Experts believe Covid fatigue and a perception that Omicron is less of a threat than Delta are to blame for low testing numbers at the start of the community outbreak.

There were 100,000 fewer tests administered in the week following Omicron community transmission than the week following Delta transmission, Ministry of Health data shows.

They’re both right, but the Ministry of Health is not giving out the most helpful numbers or comparisons to understand how much it’s really a problem.

There are three basic reasons for testing: regular surveillance for people in certain high-risk jobs, testing of contacts, and testing of people with symptoms.  The number of surveillance tests is pretty much uninformative — it’s just a policy choice — but the proportion of positive tests is a strong signal.  The number of tests done for (not yet symptomatic) close contacts tells us about the effectiveness of contact tracing and about the number of cases in recent days (which we knew), but it doesn’t tell  us much else, and the positivity rate will mostly depend on who we define as close contacts rather than on anything about the epidemic.  The number of tests prompted by symptoms actually is an indicator of willingness to test, and the test positivity rate is an indicator of Covid prevalence, but only up to a point.

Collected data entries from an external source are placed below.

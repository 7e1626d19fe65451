// The KT vectors: the customization string is ptn too.
ghost use Rattle.std.specs.Prelude.{◌≤◌};

use crate::POWERS;
use crate::line::write_digest;
use crate::message::{Message, fill_pattern};
use crate::pieces::{PIECE, Pieces, done};
use functions::kt::{KtAnswer, KtFunction};
use hasher::Refusal;
use kangarootwelve::Run;
use std::io;

// The vectors that follow the powers of 17: the message, and the customization string's length.
const CUSTOMIZED: [(Message, usize); 8] = [
    (Message::Pattern(0), 1),
    (Message::Ff(1), 41),
    (Message::Ff(3), 1681),
    (Message::Ff(7), 68921),
    (Message::Pattern(8191), 0),
    (Message::Pattern(8192), 0),
    (Message::Pattern(8192), 8189),
    (Message::Pattern(8192), 8190),
];

// Kept: the enum is of `functions`, which has no Display of it.
fn name(function: KtFunction) -> &'static str {
    match function {
        KtFunction::Kt128 => "KT128",
        KtFunction::Kt256 => "KT256",
    }
}

// The bytes that most vectors ask.
fn output(function: KtFunction) -> usize
    ensures { result ≤ 64 }
{
    match function {
        KtFunction::Kt128 => 32,
        KtFunction::Kt256 => 64,
    }
}

#[derive(Clone, Copy)]
struct KtRun {
    function: KtFunction,
    run: Run,
}

impl KtRun {
    fn fresh(function: KtFunction) -> KtRun {
        let run = functions::kt::fresh(function);
        KtRun { function, run }
    }

    // Kept: `functions` answers its calls by a type for each kind of run.
    fn keep(&mut self, answer: KtAnswer) -> Result<(), Refusal> {
        self.run = answer.run;
        done(answer.status)
    }

    fn customize(&mut self, piece: &[u8]) -> Result<(), Refusal> {
        self.keep(functions::kt::customize(self.function, self.run, piece))
    }

    // An empty string is one empty piece: a first piece there must be, or the run would not leave the message.
    fn customize_pieces(&mut self, customization: &[u8]) -> Result<(), Refusal> {
        let (first, rest) = customization.split_at(PIECE.min(customization.len()));
        self.customize(first)?;
        for piece in rest.chunks(PIECE) {
            self.customize(piece)?;
        }
        Ok(())
    }

    fn finalize(&mut self, customization: &[u8]) -> Result<(), Refusal> {
        self.keep(functions::kt::finalize(self.function, self.run, customization))
    }

    fn finish(&mut self) -> Result<(), Refusal> {
        self.keep(functions::kt::finish(self.function, self.run))
    }
}

impl Pieces for KtRun {
    fn absorb(&mut self, piece: &[u8]) -> Result<(), Refusal> {
        self.keep(functions::kt::absorb(self.function, self.run, piece))
    }

    fn squeeze(&mut self, out: &mut [u8]) -> Result<(), Refusal> {
        self.keep(functions::kt::squeeze(self.function, self.run, out))
    }
}

// The output by a finalize with the whole customization string, up to the first call that is refused.
fn digest(
    function: KtFunction,
    message: Message,
    customization: &[u8],
    out: &mut [u8],
) -> Result<(), Refusal> {
    let mut run = KtRun::fresh(function);
    run.absorb_message(message)?;
    run.finalize(customization)?;
    run.squeeze_halves(out)
}

// The same by pieces of the customization string and a finish.
fn digest_by_pieces(
    function: KtFunction,
    message: Message,
    customization: &[u8],
    out: &mut [u8],
) -> Result<(), Refusal> {
    let mut run = KtRun::fresh(function);
    run.absorb_message(message)?;
    run.customize_pieces(customization)?;
    run.finish()?;
    run.squeeze_halves(out)
}

// The same in one go, for a message no longer than the buffer.
fn digest_in_one_go(
    function: KtFunction,
    message: Message,
    customization: &[u8],
    out: &mut [u8],
) -> Result<(), Refusal> {
    let mut buffer = [0u8; 8192];
    message.fill(&mut buffer);
    let whole = &buffer[..message.length().min(8192)];
    done(functions::kt::hash(function, whole, customization, out))
}

// Writes what was asked, and the digest by a finalize.
fn write_asked(
    rt: &impl Print,
    function: KtFunction,
    message: Message,
    customization: &[u8],
    asked: usize,
) -> io::Result<()>
    requires { asked ≤ 10064 }
{
    print!(rt;
        "{} {message} {} {asked}",
        name(function),
        customization.len()
    )?;
    write_digest(
        rt,
        asked,
        |out| digest(function, message, customization, out),
    )
}

// A message of ptn, with no customization string.
fn write_pattern(
    rt: &impl Print,
    function: KtFunction,
    length: usize,
    asked: usize,
) -> io::Result<()>
    requires { asked ≤ 10064 }
{
    write_asked(rt, function, Message::Pattern(length), b"", asked)?;
    println!(rt)
}

fn write_powers(rt: &impl Print, function: KtFunction) -> io::Result<()> {
    for length in POWERS {
        write_pattern(rt, function, length, output(function))?;
    }
    Ok(())
}

// A line with the digest three times.
fn write_customized(
    rt: &impl Print,
    function: KtFunction,
    message: Message,
    customization: &[u8],
) -> io::Result<()> {
    let asked = output(function);
    write_asked(rt, function, message, customization, asked)?;
    write_digest(
        rt,
        asked,
        |out| digest_by_pieces(function, message, customization, out),
    )?;
    write_digest(
        rt,
        asked,
        |out| digest_in_one_go(function, message, customization, out),
    )?;
    println!(rt)
}

fn write_all_customized(rt: &impl Print, function: KtFunction, pattern: &[u8]) -> io::Result<()> {
    for (message, n) in CUSTOMIZED {
        write_customized(rt, function, message, &pattern[..n.min(pattern.len())])?;
    }
    Ok(())
}

pub fn write_vectors(rt: &impl Print) -> io::Result<()> {
    let mut pattern = [0u8; 68921];
    fill_pattern(&mut pattern);
    for function in [KtFunction::Kt128, KtFunction::Kt256] {
        let asked = output(function);
        write_pattern(rt, function, 0, asked)?;
        write_pattern(rt, function, 0, 2 * asked)?;
        write_pattern(rt, function, 0, 10000 + asked)?;
        write_powers(rt, function)?;
        write_all_customized(rt, function, &pattern)?;
    }
    Ok(())
}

There’s another external factor confusing the interpretation of changes in symptomatic testing: the seasonal changes in the rate of other illnesses.  When Delta appeared, testing was higher than when Omicron appeared.  That could be partly because people (wrongly) thought Omicron didn’t matter, or (wrongly) thought it couldn’t be controlled, or (perhaps correctly) worried that their employers would be less supportive of being absent, or thought the public health system didn’t care as much or something.  It will also be partly because fewer people have colds in December than in August.

As a result of much collective mahi and good luck, most of the people getting tested because of symptoms actually have some other viral upper-respiratory illness, not Covid.  At times of year when there is more not-actually-Covid illness, testing rates should be higher. August is winter and kids had been at school and daycare; it’s the peak season for not-actually-Covid. December, with school out and after a long lockdown to suppress various other viruses, is low season for not-actually-Covid. Fewer tests in December is not a surprise.

Not only will more colds mean more testing, they will also mean a lower test positivity rate — at the extreme if there were no other illnesses, everyone with symptoms would have Covid. The two key testing statistics, counts and positivity rate, are hard to interpret in comparisons between now and August.

It would help some if the Ministry of Health reported test numbers and results by reason for testing: contacts, symptoms, regular surveillance. It would help to compare symptomatic testing rates with independent estimates of the background rate of symptoms (eg from Flutracker).  But it’s always going to be hard to interpret differences over long periods of time — differences over a few weeks are easier to interpret, preferably averaged over more than one day of reporting to reduce random noise.

None of this is to disagree with the call for people with symptoms to get tested.  We know not everyone with symptoms is tested; it’s probably been a minority throughout the pandemic. Getting the rate up would help flatten the wave of Omicron along with masks and vaccines and everything else.